-- Brief --
Each line that contains "divides" needs to be copied from the listing.

-- Records for processing --
-- Opening Marker --
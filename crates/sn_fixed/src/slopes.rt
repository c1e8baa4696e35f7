//! Straight lines, from frame to frame.
ghost use Rattle.std.specs.Prelude.{◌≡◌, ◌<◌, ◌≤◌, pos, ◌*ℤ◌, ◌-ℤ◌};
ghost use Rattle.sn_fixed.specs.Divisions.{IsDivided};
ghost use Rattle.sn_fixed.specs.Lines.{line_at};

use crate::division::Division;
use crate::lines::{distance, moved};

/// The samples between which a line goes.
#[derive(Clone, Copy)]
struct Ends {
    start: i32,
    end: i32,
}

/// A straight line at one of its frames. What it is at the next frame follows without a division.
#[derive(Clone, Copy)]
pub struct Slope {
    ends: Ends,
    frame: u32,
    frames: u32,
    /// How far it is from its start at this frame.
    gone: Division,
    /// How far it goes at each frame.
    each: Division,
    ghost within: { frame ≤ frames },
    ghost reached: { IsDivided ((ends.end -ℤ ends.start) *ℤ pos frame) frames gone.quotient gone.remainder },
    ghost grows: { IsDivided (ends.end -ℤ ends.start) frames each.quotient each.remainder },
}

impl Slope {
    /// A line of one frame.
    pub fn new() -> Slope {
        Slope {
            ends: Ends { start: 0, end: 0 },
            frame: 0,
            frames: 1,
            gone: Division {
                quotient: 0,
                remainder: 0,
            },
            each: Division {
                quotient: 0,
                remainder: 0,
            },
        }
    }

    /// A line of `frames` frames, at frame `frame`.
    #[cold]
    #[inline(never)]
    fn at(ends: Ends, frame: u32, frames: u32) -> Slope
        requires within { frame ≤ frames }
        requires some { 0 < frames }
        ensures ends { result.ends ≡ ends }
        ensures frame { result.frame ≡ frame }
        ensures frames { result.frames ≡ frames }
    {
        let whole = distance(ends.start, ends.end);
        let gone = Division::of_multiple(whole, frame, frames);
        let each = Division::new(whole, frames);
        Slope {
            ends,
            frame,
            frames,
            gone,
            each,
        }
    }

    /// The sample at this frame.
    #[tactic(auto, unfolding(crate::specs::Lines::line_at))]
    fn sample(&self) -> i32
        ensures { result ≡ line_at self.now.ends.start self.now.ends.end self.now.frame self.now.frames }
    {
        let ends = self.ends;
        moved(ends.start, self.gone.quotient)
    }

    /// The line at the frame after.
    fn after(self) -> Slope
        requires { self.frame < self.frames }
    {
        Slope {
            ends: self.ends,
            frame: self.frame + 1,
            frames: self.frames,
            gone: self.gone.plus(self.each, self.frames),
            each: self.each,
        }
    }

    /// The line at the frame before.
    fn before(self) -> Slope
        requires { 0 < self.frame }
    {
        Slope {
            ends: self.ends,
            frame: self.frame - 1,
            frames: self.frames,
            gone: self.gone.minus(self.each, self.frames),
            each: self.each,
        }
    }

    /// Goes to a frame of a line. It divides only if it isn't there already.
    fn go_to(&mut self, ends: Ends, frame: u32, frames: u32)
        requires within { frame ≤ frames }
        requires some { 0 < frames }
        ensures ends { self.new.ends ≡ ends }
        ensures frame { self.new.frame ≡ frame }
        ensures frames { self.new.frames ≡ frames }
    {
        if self.frame != frame
            || self.frames != frames
            || self.ends.start != ends.start
            || self.ends.end != ends.end
        {
            *self = Slope::at(ends, frame, frames);
        }
    }

    /// The sample at a frame of a line, as `line_at` gives it. It divides only if the last frame asked for isn't the
    /// one before it. It is inlined, so that a loop keeps the line in registers.
    #[inline(always)]
    pub fn forward(&mut self, start: i32, end: i32, frame: u32, frames: u32) -> i32
        requires { frame < frames }
        ensures { result ≡ line_at start end frame frames }
    {
        self.go_to(Ends { start, end }, frame, frames);
        let sample = self.sample();
        *self = self.after();
        sample
    }

    /// The same from the last frame towards the first one: it divides only if the last frame asked for isn't the one
    /// after it.
    #[inline(always)]
    pub fn backward(&mut self, start: i32, end: i32, frame: u32, frames: u32) -> i32
        requires some { 0 < frame }
        requires within { frame ≤ frames }
        ensures { result ≡ line_at start end frame frames }
    {
        self.go_to(Ends { start, end }, frame, frames);
        let sample = self.sample();
        *self = self.before();
        sample
    }
}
-- Closing Marker --
-- Reply to the task --
    /// Goes to a frame of a line. It divides only if it isn't there already.
    /// The sample at a frame of a line, as `line_at` gives it. It divides only if the last frame asked for isn't the
    /// The same from the last frame towards the first one: it divides only if the last frame asked for isn't the one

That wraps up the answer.